Monday, January 15, 2007

One more for the road

I really did think about the Rev. Martin Luther King Jr. today, despite the hectic pace of the job we're working on this month. Honestly.

It brought back memories of a column I'd written in another life for a newspaper I'd be happy not to mention here. It was a year after 9/11 and I took a trip with friends to Washington, D.C. to visit two of my best friends out there.

Our group of three met up with two other friends and I went with them to the Lincoln Memorial and just sat on the steps and talked and thought in the middle of the night while people came and went to see Abraham Lincoln.

The column I wrote was about how despite the national security scare and the armed guards around town, I thought it was pretty amazing that we could sit there at the site of so much of our national history at 2 a.m. and not be harassed by anyone.

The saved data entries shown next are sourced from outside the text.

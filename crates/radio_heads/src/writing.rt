//! The texts of the answers.
ghost use Rattle.std.specs.Prelude.{◌≡◌, [], ◌++◌, codes, decimal, length, IfOk, OnOk};
ghost use Rattle.radio_heads.specs.Answer.{about_lines, answer_text, line, header_line, shown_line, interval_line, challenge_line, status_line};
ghost use Rattle.radio_heads.specs.Answer.{listener_text, sized_head, sized_text, denial_text, content_type, status_number};
ghost use Rattle.radio_heads.specs.Laws.{HasFieldTexts, IsCleanAbout, IsCleanWelcome};

use crate::OutOfMemory;
use crate::answer::{AboutHeaders, Answer, TextKind, Welcome};
use crate::field_value::FieldValue;
use crate::web_answer::write_stream;
use http::StatusCode;
use radio_policy::Status;
use std::alloc::Global;

/// The text of an answer, byte for byte, with its body where it has one.
///
/// The only error is `OutOfMemory`.
// rule: Answers are read back
#[tactic(auto, using(crate::proofs::WebLemmas::stream_unsaid))]
pub fn write_answer(alloc: Global, answer: &Answer) -> Result<Vec<u8>, OutOfMemory>
    ensures text { IfOk result (λ text. text.items ≡ answer_text answer.now) }
    // no value from outside, in any answer that can be made, ends a header's line
    ensures one_line { HasFieldTexts answer.now }
{
    match answer {
        Answer::Listener(welcome) => write_stream(alloc, welcome, &None),
        Answer::Source => write_bare(alloc, "HTTP/1.0", StatusCode::OK),
        Answer::Continue => write_bare(alloc, "HTTP/1.1", StatusCode::CONTINUE),
        Answer::Denial { status, rule } => write_denial(alloc, *status, rule),
        Answer::Text { kind, body } => write_sized(alloc, StatusCode::OK, *kind, body),
    }
}

/// No value of it ends a line: it says what the types of the values hold, and does nothing.
pub(crate) fn end_no_line(welcome: &Welcome)
    ensures { IsCleanWelcome welcome.now }
{
    let _type = welcome.content_type.as_bytes();
    let _name = welcome.name.as_bytes();
    let _genre = welcome.genre.as_bytes();
    about_ends_no_line(&welcome.about);
}

fn about_ends_no_line(about: &AboutHeaders)
    ensures { IsCleanAbout about.now }
{
    let _description = about.description.as_bytes();
    let _url = about.url.as_bytes();
    let _bitrate = about.bitrate.as_bytes();
}

/// Adds the headers about the stream.
pub(crate) fn push_stream(text: &mut Vec<u8>, welcome: &Welcome) -> Result<(), OutOfMemory>
    ensures { OnOk result (text.new.items ≡ text.old.items
        ++ header_line (codes "Content-Type") welcome.now.content_type
        ++ shown_line (codes "icy-name") welcome.now.name
        ++ shown_line (codes "icy-genre") welcome.now.genre
        ++ about_lines welcome.now.about) }
{
    push_value(text, "Content-Type", &welcome.content_type)?;
    push_shown(text, "icy-name", &welcome.name)?;
    push_shown(text, "icy-genre", &welcome.genre)?;
    push_about(text, &welcome.about)
}

/// The headers of what else it says of itself.
fn push_about(text: &mut Vec<u8>, about: &AboutHeaders) -> Result<(), OutOfMemory>
    ensures { OnOk result (text.new.items ≡ text.old.items ++ about_lines about.now) }
{
    push_shown(text, "icy-description", &about.description)?;
    push_shown(text, "icy-url", &about.url)?;
    push_shown(text, "icy-br", &about.bitrate)
}

/// The last header, and the empty line.
pub(crate) fn push_end(text: &mut Vec<u8>) -> Result<(), OutOfMemory>
    ensures { OnOk result (text.new.items
        ≡ text.old.items ++ header_line (codes "Connection") (codes "close") ++ line []) }
{
    push_header(text, "Connection", b"close")?;
    push_line(text, b"")
}

fn write_bare(alloc: Global, version: &str, status: StatusCode) -> Result<Vec<u8>, OutOfMemory>
    ensures { IfOk result (λ text. text.items ≡ status_line version.now status ++ line []) }
{
    let mut text = Vec::new(alloc);
    push_status(alloc, &mut text, version, status)?;
    push_line(&mut text, b"")?;
    Ok(text)
}

fn write_denial(alloc: Global, status: Status, rule: &str) -> Result<Vec<u8>, OutOfMemory>
    ensures { IfOk result (λ text. text.items ≡ denial_text status rule.now) }
{
    let body = format!(in alloc; "denied: {rule}\n")?;
    let code = status_code(status);
    write_sized(alloc, code, TextKind::Plain, body.as_bytes())
}

fn status_code(status: Status) -> StatusCode
    ensures { result ≡ status_number status }
{
    match status {
        Status::BadRequest => StatusCode::BAD_REQUEST,
        Status::Unauthorized => StatusCode::UNAUTHORIZED,
        Status::Forbidden => StatusCode::FORBIDDEN,
        Status::NotFound => StatusCode::NOT_FOUND,
    }
}

fn write_sized(
    alloc: Global,
    status: StatusCode,
    kind: TextKind,
    body: &[u8],
) -> Result<Vec<u8>, OutOfMemory>
    ensures { IfOk result (λ text. text.items ≡ sized_text status (content_type kind) body.now) }
{
    let mut text = write_sized_head(alloc, status, kind, body.len())?;
    text.extend_from_slice(body)?;
    Ok(text)
}

fn write_sized_head(
    alloc: Global,
    status: StatusCode,
    kind: TextKind,
    size: usize,
) -> Result<Vec<u8>, OutOfMemory>
    ensures { IfOk result (λ text. text.items ≡ sized_head status (content_type kind) size) }
{
    let mut text = Vec::new(alloc);
    push_status(alloc, &mut text, "HTTP/1.0", status)?;
    push_header(&mut text, "Content-Type", kind.content_type())?;
    push_number(alloc, &mut text, "Content-Length", size)?;
    push_challenge(&mut text, status)?;
    push_end(&mut text)?;
    Ok(text)
}

#[tactic(auto, unfolding(crate::specs::Answer::status_line))]
pub(crate) fn push_status(
    alloc: Global,
    text: &mut Vec<u8>,
    version: &str,
    status: StatusCode,
) -> Result<(), OutOfMemory>
    ensures { OnOk result (text.new.items ≡ text.old.items ++ status_line version.now status) }
{
    text.extend_from_slice(version.as_bytes())?;
    text.extend_from_slice(b" ")?;
    push_line(text, status.to_string(alloc)?.as_bytes())
}

/// Adds a header if its value is not empty.
fn push_shown(text: &mut Vec<u8>, name: &str, value: &FieldValue) -> Result<(), OutOfMemory>
    ensures { OnOk result (text.new.items ≡ text.old.items ++ shown_line name.now value.now) }
{
    if value.as_bytes().is_empty() {
        return Ok(());
    }
    push_value(text, name, value)
}

/// A header whose value comes from outside.
pub(crate) fn push_value(
    text: &mut Vec<u8>,
    name: &str,
    value: &FieldValue,
) -> Result<(), OutOfMemory>
    ensures { OnOk result (text.new.items ≡ text.old.items ++ header_line name.now value.now) }
{
    push_header(text, name, value.as_bytes())
}

pub(crate) fn push_interval(
    alloc: Global,
    text: &mut Vec<u8>,
    interval: Option<u32>,
) -> Result<(), OutOfMemory>
    ensures { OnOk result (text.new.items ≡ text.old.items ++ interval_line interval) }
{
    match interval {
        Some(bytes) => push_number(alloc, text, "icy-metaint", bytes as usize),
        None => Ok(()),
    }
}

fn push_challenge(text: &mut Vec<u8>, status: StatusCode) -> Result<(), OutOfMemory>
    ensures { OnOk result (text.new.items ≡ text.old.items ++ challenge_line status) }
{
    if status.as_u16() == 401 {
        return push_header(text, "WWW-Authenticate", b"Basic realm=\"radio\"");
    }
    Ok(())
}

pub(crate) fn push_number(
    alloc: Global,
    text: &mut Vec<u8>,
    name: &str,
    value: usize,
) -> Result<(), OutOfMemory>
    ensures { OnOk result (text.new.items ≡ text.old.items ++ header_line name.now (decimal value)) }
{
    push_header(text, name, value.to_string(alloc)?.as_bytes())
}

pub(crate) fn push_header(text: &mut Vec<u8>, name: &str, value: &[u8]) -> Result<(), OutOfMemory>
    ensures { OnOk result (text.new.items ≡ text.old.items ++ header_line name.now value.now) }
{
    text.extend_from_slice(name.as_bytes())?;
    text.extend_from_slice(b": ")?;
    push_line(text, value)
}

fn push_line(text: &mut Vec<u8>, content: &[u8]) -> Result<(), OutOfMemory>
    ensures { OnOk result (text.new.items ≡ text.old.items ++ line content.now) }
{
    text.extend_from_slice(content)?;
    text.extend_from_slice(b"\r\n")
}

We were a few feet from the marker I wrote about yesterday and we watched as people came and read it and looked out and went along. In whatever small way it was a sign that despite everything we'd been through, we'd be OK.

Things are funny that way, where in a nation that prides itself on its freedoms it would enter the realm of possibility that its citizens would be somehow locked out from some of its most sacred and special places.

In a way, that scares me a little, that one of my favorite places on earth would be closed to me, but it was refreshing and restored a little faith in the government when I needed it most. I guess for those of you who need a common thread in your blog posts, it was a time in our nation's and my personal history where I felt strongly that my government didn't have my best interests in mind as it made decisions.

Do not misread that as, "Oh, he's saying he knows what it's like to be an African-American in the 60s!" because I'm not saying that at all.

What I am saying is that I was secretly a little scared and disappointed that there weren't thousands of people flooding the national mall to start holding the government accountable for the things that happened in this country, post-9/11.

Much of this was colored by my position at the newspaper with a large Muslim population in our coverage area, threats on mosques, Hispanics and others being beaten in "mistaken identity" cases and the leader of a Muslim legal council telling his story of his kids watching the news and asking if they'd be beaten up at school the next day. I personally felt that the federal government didn't do everything it should have to help out innocent Americans who were being harassed because "terrorist" meant "Muslim" to far too many people under its watch.

All of these things hit home in one way or another, but let's just say that trip coincided with a pretty low point in my confidence in the federal government on the heels of the Patriot Act and some questionable arrests in our coverage area.

It's apples to oranges for sure, but it's a pretty awful thing to lose faith in your government. I can't imagine how bad it must be to have that sneaking suspicion written down for everyone to see: "The government doesn't care about you or what you think and it certainly won't be working to protect you or your interests."